Supplied information -
—————
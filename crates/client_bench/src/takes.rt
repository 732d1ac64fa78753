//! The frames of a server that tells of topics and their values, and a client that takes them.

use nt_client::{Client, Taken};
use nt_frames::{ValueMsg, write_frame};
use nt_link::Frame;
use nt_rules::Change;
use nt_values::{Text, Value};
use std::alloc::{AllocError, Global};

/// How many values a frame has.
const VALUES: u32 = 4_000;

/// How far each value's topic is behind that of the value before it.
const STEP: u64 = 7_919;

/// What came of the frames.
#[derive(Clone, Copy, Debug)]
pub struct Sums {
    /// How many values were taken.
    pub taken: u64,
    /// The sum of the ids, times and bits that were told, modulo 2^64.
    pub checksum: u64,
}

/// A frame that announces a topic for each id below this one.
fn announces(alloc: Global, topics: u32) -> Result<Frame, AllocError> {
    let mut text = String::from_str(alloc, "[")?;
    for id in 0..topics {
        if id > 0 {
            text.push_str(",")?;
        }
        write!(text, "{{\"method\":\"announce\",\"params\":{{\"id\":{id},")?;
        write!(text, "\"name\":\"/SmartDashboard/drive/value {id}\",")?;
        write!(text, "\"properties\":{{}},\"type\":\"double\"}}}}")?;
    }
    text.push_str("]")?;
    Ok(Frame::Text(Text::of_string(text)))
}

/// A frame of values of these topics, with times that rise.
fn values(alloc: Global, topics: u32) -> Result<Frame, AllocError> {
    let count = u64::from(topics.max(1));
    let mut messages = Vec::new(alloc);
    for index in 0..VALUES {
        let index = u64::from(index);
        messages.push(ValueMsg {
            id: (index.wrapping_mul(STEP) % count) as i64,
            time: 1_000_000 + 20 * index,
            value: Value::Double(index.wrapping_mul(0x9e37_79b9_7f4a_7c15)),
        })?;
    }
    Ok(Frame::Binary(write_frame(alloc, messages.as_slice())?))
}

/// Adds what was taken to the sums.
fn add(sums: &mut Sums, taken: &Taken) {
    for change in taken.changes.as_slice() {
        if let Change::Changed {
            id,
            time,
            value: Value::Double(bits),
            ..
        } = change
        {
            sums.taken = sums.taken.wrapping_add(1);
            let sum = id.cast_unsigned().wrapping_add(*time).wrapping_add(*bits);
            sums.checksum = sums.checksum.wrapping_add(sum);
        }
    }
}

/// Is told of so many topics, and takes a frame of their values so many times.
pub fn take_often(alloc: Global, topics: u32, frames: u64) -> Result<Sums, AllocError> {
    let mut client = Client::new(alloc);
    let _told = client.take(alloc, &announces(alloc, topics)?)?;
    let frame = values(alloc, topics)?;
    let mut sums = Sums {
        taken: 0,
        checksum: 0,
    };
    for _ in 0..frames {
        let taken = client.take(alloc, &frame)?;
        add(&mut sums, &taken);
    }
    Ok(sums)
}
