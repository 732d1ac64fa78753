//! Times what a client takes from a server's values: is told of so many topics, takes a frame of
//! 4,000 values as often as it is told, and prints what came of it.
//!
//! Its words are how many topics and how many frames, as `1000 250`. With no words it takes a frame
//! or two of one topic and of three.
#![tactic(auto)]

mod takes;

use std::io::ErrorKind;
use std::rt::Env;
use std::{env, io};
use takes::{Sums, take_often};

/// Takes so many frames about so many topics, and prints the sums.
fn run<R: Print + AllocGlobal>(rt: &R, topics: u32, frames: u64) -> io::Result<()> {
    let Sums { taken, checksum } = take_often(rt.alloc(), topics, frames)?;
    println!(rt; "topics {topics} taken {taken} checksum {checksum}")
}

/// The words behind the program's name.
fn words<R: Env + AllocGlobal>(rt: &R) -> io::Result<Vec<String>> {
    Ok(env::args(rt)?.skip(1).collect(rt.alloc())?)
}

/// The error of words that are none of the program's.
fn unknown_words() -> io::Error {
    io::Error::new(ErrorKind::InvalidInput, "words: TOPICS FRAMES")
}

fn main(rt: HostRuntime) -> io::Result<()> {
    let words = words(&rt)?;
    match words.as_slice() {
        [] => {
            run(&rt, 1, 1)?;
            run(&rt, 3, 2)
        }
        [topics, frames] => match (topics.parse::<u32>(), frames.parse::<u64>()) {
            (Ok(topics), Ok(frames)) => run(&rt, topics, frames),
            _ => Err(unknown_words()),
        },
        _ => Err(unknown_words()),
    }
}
—————
What you should do - From the first line to the last, reproduce the data exactly.

Written solution -
filename crates/client_bench/src/takes.rt
repository 732d1ac64fa78753
//! The frames of a server that tells of topics and their values, and a client that takes them.

use nt_client::{Client, Taken};
use nt_frames::{ValueMsg, write_frame};
use nt_link::Frame;
use nt_rules::Change;
use nt_values::{Text, Value};
use std::alloc::{AllocError, Global};

/// How many values a frame has.
const VALUES: u32 = 4_000;

/// How far each value's topic is behind that of the value before it.
const STEP: u64 = 7_919;

/// What came of the frames.
#[derive(Clone, Copy, Debug)]
pub struct Sums {
    /// How many values were taken.
    pub taken: u64,
    /// The sum of the ids, times and bits that were told, modulo 2^64.
    pub checksum: u64,
}

/// A frame that announces a topic for each id below this one.
fn announces(alloc: Global, topics: u32) -> Result<Frame, AllocError> {
    let mut text = String::from_str(alloc, "[")?;
    for id in 0..topics {
        if id > 0 {
            text.push_str(",")?;
        }
        write!(text, "{{\"method\":\"announce\",\"params\":{{\"id\":{id},")?;
        write!(text, "\"name\":\"/SmartDashboard/drive/value {id}\",")?;
        write!(text, "\"properties\":{{}},\"type\":\"double\"}}}}")?;
    }
    text.push_str("]")?;
    Ok(Frame::Text(Text::of_string(text)))
}

/// A frame of values of these topics, with times that rise.
fn values(alloc: Global, topics: u32) -> Result<Frame, AllocError> {
    let count = u64::from(topics.max(1));
    let mut messages = Vec::new(alloc);
    for index in 0..VALUES {
        let index = u64::from(index);
        messages.push(ValueMsg {
            id: (index.wrapping_mul(STEP) % count) as i64,
            time: 1_000_000 + 20 * index,
            value: Value::Double(index.wrapping_mul(0x9e37_79b9_7f4a_7c15)),
        })?;
    }
    Ok(Frame::Binary(write_frame(alloc, messages.as_slice())?))
}

/// Adds what was taken to the sums.
fn add(sums: &mut Sums, taken: &Taken) {
    for change in taken.changes.as_slice() {
        if let Change::Changed {
            id,
            time,
            value: Value::Double(bits),
            ..
        } = change
        {
            sums.taken = sums.taken.wrapping_add(1);
            let sum = id.cast_unsigned().wrapping_add(*time).wrapping_add(*bits);
            sums.checksum = sums.checksum.wrapping_add(sum);
        }
    }
}

/// Is told of so many topics, and takes a frame of their values so many times.
pub fn take_often(alloc: Global, topics: u32, frames: u64) -> Result<Sums, AllocError> {
    let mut client = Client::new(alloc);
    let _told = client.take(alloc, &announces(alloc, topics)?)?;
    let frame = values(alloc, topics)?;
    let mut sums = Sums {
        taken: 0,
        checksum: 0,
    };
    for _ in 0..frames {
        let taken = client.take(alloc, &frame)?;
        add(&mut sums, &taken);
    }
    Ok(sums)
}
repository 732d1ac64fa78753
//! Times what a client takes from a server's values: is told of so many topics, takes a frame of
//! 4,000 values as often as it is told, and prints what came of it.
//!
//! Its words are how many topics and how many frames, as `1000 250`. With no words it takes a frame
//! or two of one topic and of three.
#![tactic(auto)]

mod takes;

use std::io::ErrorKind;
use std::rt::Env;
use std::{env, io};
use takes::{Sums, take_often};

/// Takes so many frames about so many topics, and prints the sums.
fn run<R: Print + AllocGlobal>(rt: &R, topics: u32, frames: u64) -> io::Result<()> {
    let Sums { taken, checksum } = take_often(rt.alloc(), topics, frames)?;
    println!(rt; "topics {topics} taken {taken} checksum {checksum}")
}

/// The words behind the program's name.
fn words<R: Env + AllocGlobal>(rt: &R) -> io::Result<Vec<String>> {
    Ok(env::args(rt)?.skip(1).collect(rt.alloc())?)
}

/// The error of words that are none of the program's.
fn unknown_words() -> io::Error {
    io::Error::new(ErrorKind::InvalidInput, "words: TOPICS FRAMES")
}

fn main(rt: HostRuntime) -> io::Result<()> {
    let words = words(&rt)?;
    match words.as_slice() {
        [] => {
            run(&rt, 1, 1)?;
            run(&rt, 3, 2)
        }
        [topics, frames] => match (topics.parse::<u32>(), frames.parse::<u64>()) {
            (Ok(topics), Ok(frames)) => run(&rt, topics, frames),
            _ => Err(unknown_words()),
        },
        _ => Err(unknown_words()),
    }
}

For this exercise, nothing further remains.